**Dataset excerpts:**
- Opening Delimiter -

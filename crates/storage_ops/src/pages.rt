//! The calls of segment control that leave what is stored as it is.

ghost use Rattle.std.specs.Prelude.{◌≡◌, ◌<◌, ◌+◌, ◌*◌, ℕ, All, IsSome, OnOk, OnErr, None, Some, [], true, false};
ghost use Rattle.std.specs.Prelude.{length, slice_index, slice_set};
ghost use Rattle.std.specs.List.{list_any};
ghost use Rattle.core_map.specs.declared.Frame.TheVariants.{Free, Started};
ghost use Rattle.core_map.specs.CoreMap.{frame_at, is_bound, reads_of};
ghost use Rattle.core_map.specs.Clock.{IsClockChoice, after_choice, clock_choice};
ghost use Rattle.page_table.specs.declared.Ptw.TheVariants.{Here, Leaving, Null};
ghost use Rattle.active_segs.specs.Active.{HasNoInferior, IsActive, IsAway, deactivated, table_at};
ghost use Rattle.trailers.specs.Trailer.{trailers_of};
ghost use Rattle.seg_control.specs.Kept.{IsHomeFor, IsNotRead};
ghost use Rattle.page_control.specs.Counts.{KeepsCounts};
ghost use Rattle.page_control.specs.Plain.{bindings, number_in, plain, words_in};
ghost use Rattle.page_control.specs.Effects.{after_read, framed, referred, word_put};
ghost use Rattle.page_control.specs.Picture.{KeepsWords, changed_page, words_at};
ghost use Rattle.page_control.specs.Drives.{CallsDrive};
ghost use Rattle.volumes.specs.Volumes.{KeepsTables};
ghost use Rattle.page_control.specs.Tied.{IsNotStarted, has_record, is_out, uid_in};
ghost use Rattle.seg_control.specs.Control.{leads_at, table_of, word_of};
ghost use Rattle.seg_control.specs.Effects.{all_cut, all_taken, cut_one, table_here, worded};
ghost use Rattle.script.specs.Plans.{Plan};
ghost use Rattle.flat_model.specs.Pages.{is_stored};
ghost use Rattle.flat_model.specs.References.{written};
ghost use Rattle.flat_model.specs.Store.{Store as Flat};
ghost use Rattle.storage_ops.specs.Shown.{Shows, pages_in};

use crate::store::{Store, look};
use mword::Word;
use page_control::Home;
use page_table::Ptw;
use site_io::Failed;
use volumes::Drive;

- Closing Delimiter -

**What to work on:** Transcribe the records above exactly, keeping every line.

**Output:**
filename crates/storage_ops/src/pages.rt
//! The calls of segment control that leave what is stored as it is.

ghost use Rattle.std.specs.Prelude.{◌≡◌, ◌<◌, ◌+◌, ◌*◌, ℕ, All, IsSome, OnOk, OnErr, None, Some, [], true, false};
ghost use Rattle.std.specs.Prelude.{length, slice_index, slice_set};
ghost use Rattle.std.specs.List.{list_any};
ghost use Rattle.core_map.specs.declared.Frame.TheVariants.{Free, Started};
ghost use Rattle.core_map.specs.CoreMap.{frame_at, is_bound, reads_of};
ghost use Rattle.core_map.specs.Clock.{IsClockChoice, after_choice, clock_choice};
ghost use Rattle.page_table.specs.declared.Ptw.TheVariants.{Here, Leaving, Null};
ghost use Rattle.active_segs.specs.Active.{HasNoInferior, IsActive, IsAway, deactivated, table_at};
ghost use Rattle.trailers.specs.Trailer.{trailers_of};
ghost use Rattle.seg_control.specs.Kept.{IsHomeFor, IsNotRead};
ghost use Rattle.page_control.specs.Counts.{KeepsCounts};
ghost use Rattle.page_control.specs.Plain.{bindings, number_in, plain, words_in};
ghost use Rattle.page_control.specs.Effects.{after_read, framed, referred, word_put};
ghost use Rattle.page_control.specs.Picture.{KeepsWords, changed_page, words_at};
ghost use Rattle.page_control.specs.Drives.{CallsDrive};
ghost use Rattle.volumes.specs.Volumes.{KeepsTables};
ghost use Rattle.page_control.specs.Tied.{IsNotStarted, has_record, is_out, uid_in};
ghost use Rattle.seg_control.specs.Control.{leads_at, table_of, word_of};
ghost use Rattle.seg_control.specs.Effects.{all_cut, all_taken, cut_one, table_here, worded};
ghost use Rattle.script.specs.Plans.{Plan};
ghost use Rattle.flat_model.specs.Pages.{is_stored};
ghost use Rattle.flat_model.specs.References.{written};
ghost use Rattle.flat_model.specs.Store.{Store as Flat};
ghost use Rattle.storage_ops.specs.Shown.{Shows, pages_in};

use crate::store::{Store, look};
use mword::Word;
use page_control::Home;
use page_table::Ptw;
use site_io::Failed;
use volumes::Drive;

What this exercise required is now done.